Head coaching record
- Overall: 19–7 (college) 25–12 (high school)
- Bowls: 1–0
- Tournaments: 1–1 (NCAA D-III playoffs)

= Chip Knapp =

American football player and coach

Chip Knapp (born 1964/1965) is an American football coach and former player. He coached for 30 seasons at Wesley College, the final three as head football coach before the program was shut down. He played quarterback in college for Cornell.

==Playing career==
Knapp played college football for Cornell under head coach Maxie Baughan from c. 1985–1986. He earned the starting quarterback position as a junior in 1985, but was sidelined for part of the season due to a knee injury. He played in six games the following year, but the "fine play of Marty Stallone" kept him off the field for most of the time.

==Coaching career==
After graduating in 1987 with a bachelor's degree in economics, Knapp was hired by Cornell as the freshmen quarterbacks coach. He left before the season started to join the Kansas Jayhawks as an offensive assistant. He spent the 1987 and 1988 seasons there. He left after a promised stipend from Kansas was not given to him. Taking advice from friend Roy O'Neil, Knapp joined Wesley College in Dover, Delaware, as a defensive assistant. Though he only expected to remain with the program for a year or two, Knapp would eventually spend 30 seasons at Wesley. He was promoted to offensive coordinator in his third year, a position he would retain until 2018.

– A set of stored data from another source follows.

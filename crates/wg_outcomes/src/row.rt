use crate::answer::{Answer, answer_of};
use std::alloc::{AllocError, Global};
use std::str::SplitWhitespace;
use wg_listing::{Graph, Listing, graph_named, number};
use wg_machine::{Launch, Record, Records};
use wg_words::{Word, Words};

/// The lines of a row so far.
#[derive(Drop)]
pub struct Row {
    title: String,
    graph: Graph,
    listing: Listing,
    launch: Launch,
    turns: u64,
    first: Words,
    second: Words,
}

/// The words of the rest of a line.
fn read_words(alloc: Global, words: &mut SplitWhitespace<'_>) -> Result<Words, AllocError> {
    let mut list = Words::new(alloc);
    for word in words {
        list.push(word.parse::<Word>().unwrap_or(0))?;
    }
    Ok(list)
}

impl Row {
    pub fn new(alloc: Global) -> Row {
        Row {
            title: String::new(alloc),
            graph: Graph::Forms,
            listing: Listing::new(alloc),
            launch: Launch {
                unit: 0,
                records: Records::new(alloc),
                group: 0,
                grid: [1, 1, 1],
                last: false,
            },
            turns: 0,
            first: Words::new(alloc),
            second: Words::new(alloc),
        }
    }

    /// The row's title.
    pub fn title(&self) -> &str {
        self.title.as_str()
    }

    /// The answer to the row.
    pub fn into_answer(self, alloc: Global) -> Answer {
        let Row {
            title: _,
            graph,
            listing,
            launch,
            turns,
            first,
            second,
        } = self;
        answer_of(alloc, graph, listing, launch, turns, first, second)
    }

    fn push_input(
        &mut self,
        alloc: Global,
        words: &mut SplitWhitespace<'_>,
    ) -> Result<(), AllocError> {
        let number = self.launch.records.len() as u64;
        self.launch.records.push(Record {
            number,
            words: read_words(alloc, words)?,
        })
    }

    /// The unit, the group, its grid by x, y and z, and whether the launch is the last of its record.
    fn set_launch(&mut self, words: &mut SplitWhitespace<'_>) {
        self.launch.unit = number(words);
        self.launch.group = number(words);
        self.launch.grid = [number(words), number(words), number(words)];
        self.launch.last = number(words) != 0;
    }

    /// Takes a command.
    fn add(&mut self, alloc: Global, command: &str) -> Result<(), AllocError> {
        let mut words = command.split_whitespace();
        let Some(name) = words.next() else {
            return Ok(());
        };
        match name {
            "graph" => self.graph = graph_named(words.next()),
            "launch" => self.set_launch(&mut words),
            "input" => self.push_input(alloc, &mut words)?,
            "turns" => self.turns = u64::from(number(&mut words)),
            "words" => self.first = read_words(alloc, &mut words)?,
            "rest" => self.second = read_words(alloc, &mut words)?,
            _ => self.listing.add(name, &mut words)?,
        }
        Ok(())
    }

    /// Takes a line: the title, or commands.
    pub fn take(&mut self, alloc: Global, line: &str) -> Result<(), AllocError> {
        if self.title.is_empty() {
            return self.title.push_str(line);
        }
        for command in line.split(';') {
            self.add(alloc, command)?;
        }
        Ok(())
    }
}
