use crate::answer::{Answer, LENGTHS};
use std::fmt;
use wg_buffers::Buffers;
use wg_guess::Guess;
use wg_machine::{Made, Seen, Sent, View};
use wg_words::Word;

fn write_words<W: fmt::Write>(f: &mut fmt::Formatter<W>, words: &[Word]) -> fmt::Result {
    for word in words {
        write!(f, " {word}")?;
    }
    Ok(())
}

fn write_sent<W: fmt::Write>(f: &mut fmt::Formatter<W>, sent: &[Sent]) -> fmt::Result {
    for record in sent {
        write!(f, ", sent to {}:", record.unit)?;
        write_words(f, record.words.as_slice())?;
    }
    Ok(())
}

/// The turns, and what else there is of denied requests, new words of the input and sent records.
fn write_made<W: fmt::Write>(f: &mut fmt::Formatter<W>, made: &Made) -> fmt::Result {
    write!(f, "turns {}", made.turns)?;
    if made.denied > 0 {
        write!(f, ", denied {}", made.denied)?;
    }
    if let Some(words) = &made.shared {
        f.write_str(", input")?;
        write_words(f, words.as_slice())?;
    }
    write_sent(f, made.sent.as_slice())
}

/// The words that were read, if any was.
fn write_log<W: fmt::Write>(f: &mut fmt::Formatter<W>, log: &[Seen]) -> fmt::Result {
    if log.is_empty() {
        return Ok(());
    }
    f.write_str(", read")?;
    for seen in log {
        write!(f, " {}.{}={}", seen.buffer, seen.word, seen.value)?;
    }
    Ok(())
}

/// How many words of a buffer there are up to the last that is not 0.
fn count_words(buffers: &Buffers, buffer: u32, length: u32) -> u32 {
    let mut count = 0;
    for word in 0..length {
        if buffers.word(buffer, word) != 0 {
            count = word + 1;
        }
    }
    count
}

/// The words of a buffer without the zeros at its end.
fn write_buffer<W: fmt::Write>(
    f: &mut fmt::Formatter<W>,
    buffers: &Buffers,
    buffer: u32,
    length: u32,
) -> fmt::Result {
    for word in 0..count_words(buffers, buffer, length) {
        write!(f, " {}", buffers.word(buffer, word))?;
    }
    Ok(())
}

fn write_after<W: fmt::Write>(f: &mut fmt::Formatter<W>, after: &Buffers) -> fmt::Result {
    f.write_str(", after")?;
    write_buffer(f, after, 0, LENGTHS[0])?;
    f.write_str(" /")?;
    write_buffer(f, after, 1, LENGTHS[1])
}

fn write_guess<W: fmt::Write>(
    f: &mut fmt::Formatter<W>,
    guess: &Guess,
    after: &Buffers,
) -> fmt::Result {
    match &guess.answer {
        Some(made) => write_made(f, made)?,
        None => f.write_str("spent")?,
    }
    write_log(f, guess.log.as_slice())?;
    if guess.writes.is_empty() || guess.spent() {
        return Ok(());
    }
    write_after(f, after)
}

impl fmt::Display for Answer {
    fn fmt<W: fmt::Write>(&self, f: &mut fmt::Formatter<W>) -> fmt::Result {
        match self {
            Answer::Guessed { guess, after } => write_guess(f, guess, after),
            Answer::Refused => f.write_str("refused"),
            Answer::Unfit => f.write_str("unfit"),
            Answer::Memory => f.write_str("memory"),
        }
    }
}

When longtime head coach Mike Drass died in 2018, Knapp was promoted to head coach. Wesley compiled a 7–4 record in his first year as head coach. They improved the following year, making the second round of the NCAA Division III playoffs with a 10–2 record. The 2020 season was cancelled, but a spring schedule was later released. His team went 2–1 in the spring schedule. The program was discontinued in 2021, following Knapp's third season. As an assistant coach and head coach, he helped players to 48 All-American honors, 99 All-Region honors and 122 All-Conference awards.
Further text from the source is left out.